### PROBLEM REQUIREMENTS
Keeping every character intact, repeat the whole listing.

### EXERCISE INPUT
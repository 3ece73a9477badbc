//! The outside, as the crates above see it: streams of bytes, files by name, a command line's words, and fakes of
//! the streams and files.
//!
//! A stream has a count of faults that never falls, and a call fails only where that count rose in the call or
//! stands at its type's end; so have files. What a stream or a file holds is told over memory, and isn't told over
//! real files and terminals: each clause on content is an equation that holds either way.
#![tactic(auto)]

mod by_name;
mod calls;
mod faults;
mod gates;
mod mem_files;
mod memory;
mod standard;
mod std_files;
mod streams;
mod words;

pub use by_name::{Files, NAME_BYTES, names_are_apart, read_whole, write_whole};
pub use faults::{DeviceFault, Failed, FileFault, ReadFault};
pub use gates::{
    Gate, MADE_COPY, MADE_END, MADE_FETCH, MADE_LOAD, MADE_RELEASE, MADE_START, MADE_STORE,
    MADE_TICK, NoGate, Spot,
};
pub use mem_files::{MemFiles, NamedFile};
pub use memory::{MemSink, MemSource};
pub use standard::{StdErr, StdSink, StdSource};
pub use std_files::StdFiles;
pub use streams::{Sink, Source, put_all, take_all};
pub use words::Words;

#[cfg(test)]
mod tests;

### RESPONSE TO THIS EXERCISE
repository 3ece73a9477badbc
//! The outside, as the crates above see it: streams of bytes, files by name, a command line's words, and fakes of
//! the streams and files.
//!
//! A stream has a count of faults that never falls, and a call fails only where that count rose in the call or
//! stands at its type's end; so have files. What a stream or a file holds is told over memory, and isn't told over
//! real files and terminals: each clause on content is an equation that holds either way.
#![tactic(auto)]

mod by_name;
mod calls;
mod faults;
mod gates;
mod mem_files;
mod memory;
mod standard;
mod std_files;
mod streams;
mod words;

pub use by_name::{Files, NAME_BYTES, names_are_apart, read_whole, write_whole};
pub use faults::{DeviceFault, Failed, FileFault, ReadFault};
pub use gates::{
    Gate, MADE_COPY, MADE_END, MADE_FETCH, MADE_LOAD, MADE_RELEASE, MADE_START, MADE_STORE,
    MADE_TICK, NoGate, Spot,
};
pub use mem_files::{MemFiles, NamedFile};
pub use memory::{MemSink, MemSource};
pub use standard::{StdErr, StdSink, StdSource};
pub use std_files::StdFiles;
pub use streams::{Sink, Source, put_all, take_all};
pub use words::Words;

#[cfg(test)]
mod tests;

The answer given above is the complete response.